プロのテニス選手が試合の合間にバナナを食べたり、将棋のプロ棋士が対戦前に甘いものを食べたりするのを見たことがあるでしょうか。あれは、お腹がすいたから食べているのではありません。重要な局面で極度の緊張状態にある時に、食欲などわきません。最高の力を発揮して「勝つために」食べているのです。プロのアスリートは最上目的を達成するため、決定的な場面では押し込んででも食べるトレーニングを受けています。そして、ここぞという時に食べるのです(下の写真)。

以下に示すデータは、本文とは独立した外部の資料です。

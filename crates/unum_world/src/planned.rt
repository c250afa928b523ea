//! Worlds each of whose events the plan allowed.
ghost use Rattle.std.specs.Prelude.{◌≡◌, ◌≤◌, IfOk};
ghost use mathlib.Core.List.{IsPrefix};
ghost use Rattle.unum_world.specs.Openings.{Fits};
ghost use Rattle.unum_world.specs.Traces.{opening_trace, IsChosen, IsObeying};
ghost use Rattle.unum_world.specs.Answers.{Settles};

use crate::opening::Opening;
use crate::refusal::ApplyError;
use crate::settled::Settled;
use crate::world::World;
use std::alloc::Global;
use std::marker::Model;
use unum_json::NoMemory;

/// A world each of whose events the plan allowed when it was made. Callers see what they see of a world.
#[derive(Drop)]
pub struct Planned {
    pub(crate) world: World,
}

impl Model for Planned {
    ghost use Rattle.unum_world.specs.Traces.{Trace, IsObeying};
    ghost use Rattle.unum_json.specs.contracts.kept.Json as json;
    ghost use Rattle.asl_model.specs.contracts.machine.Machine as machine;
    ghost use Rattle.std.specs.Coded.{codes};

    ghost Value = { Trace };

    ghost coded = { Prim.hlevel (codes, json.the_row.coded, machine.the_row.coded) };

    ghost view = { λ p. p.world };

    ghost invariant = { λ p. IsObeying p.world };
}

impl Planned {
    /// A world that begins so, with room for `limit` events; as [`World::open`].
    pub fn open(alloc: Global, opening: Opening, limit: u64) -> Result<Planned, NoMemory>
        requires fits { Fits opening }
        requires limit { limit ≤ 10000000 }
        ensures { IfOk result (λ p. p ≡ opening_trace opening limit) }
    {
        let world = World::open(alloc, opening, limit)?;
        Ok(Planned { world })
    }

    /// Makes the chooser's events until no event is enabled or the history is full. Where memory ran out, the events
    /// made so far stand. Where all events before were the chooser's, all are.
    pub fn settle(&mut self) -> Result<Settled, NoMemory>
        ensures opening { self.new.opening ≡ self.old.opening }
        ensures limit { self.new.limit ≡ self.old.limit }
        ensures grown { IsPrefix self.old.history self.new.history }
        ensures chosen { IsChosen self.old → IsChosen self.new }
        ensures obeying { IsObeying self.new }
        ensures settled { Settles result self.new }
    {
        settle(&mut self.world)
    }

    /// Each event of the history was allowed by the plan in its turn. It does nothing.
    pub fn is_obeying(&self)
        ensures { IsObeying self.now }
    {
        let _ = &self.world;
    }

    /// The world inside.
    pub fn into_world(self) -> World
        ensures world { result ≡ self }
        ensures obeying { IsObeying result }
    {
        self.world
    }
}

/// Makes the chooser's events until no event is enabled or the history is full.
fn settle(world: &mut World) -> Result<Settled, NoMemory>
    requires { IsObeying world.old }
    ensures opening { world.new.opening ≡ world.old.opening }
    ensures limit { world.new.limit ≡ world.old.limit }
    ensures grown { IsPrefix world.old.history world.new.history }
    ensures chosen { IsChosen world.old → IsChosen world.new }
    ensures obeying { IsObeying world.new }
    ensures settled { Settles result world.new }
{
    while let Some(event) = world.choose() {
        match world.apply(event) {
            Ok(()) => (),
            Err(ApplyError::Spent { len: _ }) => return Ok(Settled::Spent),
            Err(ApplyError::NoMemory) => return Err(NoMemory),
            Err(ApplyError::NotEnabled { event: _ }) => unreachable!(),
        }
    }
    Ok(Settled::Drained)
}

パフォーマンスを上げるために、押し込んででも食べる。写真は、2020年1月31日に開催されたテニス全豪オープン男子シングルス準決勝でのドミニク・ティエム選手(オーストリア)
(写真:AFP/アフロ)
人間は機械ではありません。特にその判断や振る舞いが大きな影響を及ぼす組織のリーダーが、食事を抜いたり、睡眠を削ったりするのは、自ら思考力や判断力を悪化させているようなもので、無責任とさえ思えます。
米航空宇宙局(NASA)では、宇宙飛行士のパフォーマンスを高めるために血糖値をコントロールしています。そこから着想を得て、米グーグルが、仕事で最高のパフォーマンスを発揮できるよう、社員の血糖値をKPI(重要業績評価指標)に設定したことは話題になりました。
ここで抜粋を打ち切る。